If you take a quantitative, cost-based approach to modeling security through
adversarial capability, obscurity becomes a perfectly valid security measure
if it's not used _in isolation._ We don't use it for cryptography because the
tradeoffs aren't worth it. It's better to design cryptography with provable
security based on mathematically rigorous computational hardness assumptions
than it is to make secret algorithms.

In the context of application security, if the decision to obscure some or all
of your system incurs a non-trivial cost to an adversary, it makes sense. We
can't rigorously and mathematically prove the security of applications in the
same way we can prove e.g. an algorithm is sub-exponential instead of
polynomial time.

You often see "security through obscurity" mentioned in the same way that
people cite "appeal to authority" or "ad hominem" fallacies in internet
debates. The reality is more complex than that. Fundamentally, anything that
increases the effort required by an adversary to successfully compromise your
system is worth considering.

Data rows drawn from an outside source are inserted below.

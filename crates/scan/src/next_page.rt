//! Where a leaf that was read leaves a scan.

ghost use Rattle.std.specs.Prelude.{◌≡◌};
ghost use Rattle.index_model.specs.Range.{below_admits};
ghost use Rattle.scan.specs.Scans.{frontier_past, after_leaf};

use crate::steps::ScanAt;
use descent::Position;
use index_model::{Bound, Key};
use page_codec::Page;

/// The greater of the frontier and the high key, if there is one.
pub fn frontier_past(frontier: Bound, high: &Option<Bound>) -> Bound
    ensures { result ≡ frontier_past frontier high.now }
{
    match high {
        Some(high) if frontier < *high => *high,
        _ => frontier,
    }
}

/// Where a scan goes after a leaf: to the right, unless there is nothing, or nothing below that key.
pub fn after_leaf(page: &Page, below: &Option<Key>) -> ScanAt
    ensures { result ≡ after_leaf page.now.high page.now.right below.now }
{
    match (&page.high, page.right) {
        (Some(high), Some(block)) if is_below(&high.key, below) => ScanAt::At(Position {
            block,
            level: 0,
            moves: 1,
        }),
        _ => ScanAt::Last,
    }
}

fn is_below(key: &Key, below: &Option<Key>) -> bool
    ensures { result ≡ below_admits below.now key.now }
{
    match below {
        None => true,
        Some(below) => key < below,
    }
}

You just shouldn't depend on it in its entirety.
Closed-source software is a good example of robust security through obscurity,
as basically any security engineer will tell you (I'd rather look at source
code line by line to find vulnerabilities than try to find them through trial
and error in a penetration test).

------
CodeArtisan
Why Reddit has been rewritten in python:

[https://redditblog.com/2005/12/05/on-
lisp/](https://redditblog.com/2005/12/05/on-lisp/)

[http://www.aaronsw.com/weblog/rewritingreddit](http://www.aaronsw.com/weblog/rewritingreddit)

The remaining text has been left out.